====== ENTRIES SUPPLIED ======
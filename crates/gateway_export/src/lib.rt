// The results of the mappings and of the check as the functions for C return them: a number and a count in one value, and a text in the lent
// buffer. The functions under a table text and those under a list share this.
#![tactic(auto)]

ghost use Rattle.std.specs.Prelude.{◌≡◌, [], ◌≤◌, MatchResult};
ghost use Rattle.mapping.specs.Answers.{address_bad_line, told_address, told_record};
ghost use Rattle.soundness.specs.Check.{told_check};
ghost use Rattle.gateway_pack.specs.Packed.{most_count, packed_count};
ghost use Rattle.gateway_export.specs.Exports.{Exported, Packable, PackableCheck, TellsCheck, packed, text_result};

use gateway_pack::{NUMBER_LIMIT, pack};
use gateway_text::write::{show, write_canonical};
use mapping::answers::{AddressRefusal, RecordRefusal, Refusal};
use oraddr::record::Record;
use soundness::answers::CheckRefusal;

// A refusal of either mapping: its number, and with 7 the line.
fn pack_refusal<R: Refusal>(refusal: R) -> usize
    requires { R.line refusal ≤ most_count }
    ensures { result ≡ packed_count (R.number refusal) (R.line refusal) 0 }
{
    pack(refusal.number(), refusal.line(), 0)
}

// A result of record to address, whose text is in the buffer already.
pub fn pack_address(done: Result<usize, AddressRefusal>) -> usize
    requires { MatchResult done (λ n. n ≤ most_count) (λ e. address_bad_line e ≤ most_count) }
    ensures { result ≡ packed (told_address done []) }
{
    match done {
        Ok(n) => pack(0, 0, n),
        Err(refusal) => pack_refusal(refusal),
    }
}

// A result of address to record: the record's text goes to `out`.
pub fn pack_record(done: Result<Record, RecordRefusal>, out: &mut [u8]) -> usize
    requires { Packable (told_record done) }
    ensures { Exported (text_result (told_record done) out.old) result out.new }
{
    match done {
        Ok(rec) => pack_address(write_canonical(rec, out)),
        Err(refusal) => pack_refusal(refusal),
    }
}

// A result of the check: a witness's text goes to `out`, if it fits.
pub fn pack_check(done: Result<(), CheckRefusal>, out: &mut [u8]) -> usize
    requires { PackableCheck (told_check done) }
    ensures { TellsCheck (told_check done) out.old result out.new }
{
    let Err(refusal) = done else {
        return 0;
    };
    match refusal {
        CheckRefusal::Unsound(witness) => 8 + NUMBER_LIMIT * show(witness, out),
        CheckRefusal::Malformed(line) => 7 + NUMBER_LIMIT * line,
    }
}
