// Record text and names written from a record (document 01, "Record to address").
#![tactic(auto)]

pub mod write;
======
Copy every line from the entries that contains the word "MatchResult".

*ANSWER AREA*.
ghost use Rattle.std.specs.Prelude.{◌≡◌, [], ◌≤◌, MatchResult};
    requires { MatchResult done (λ n. n ≤ most_count) (λ e. address_bad_line e ≤ most_count) }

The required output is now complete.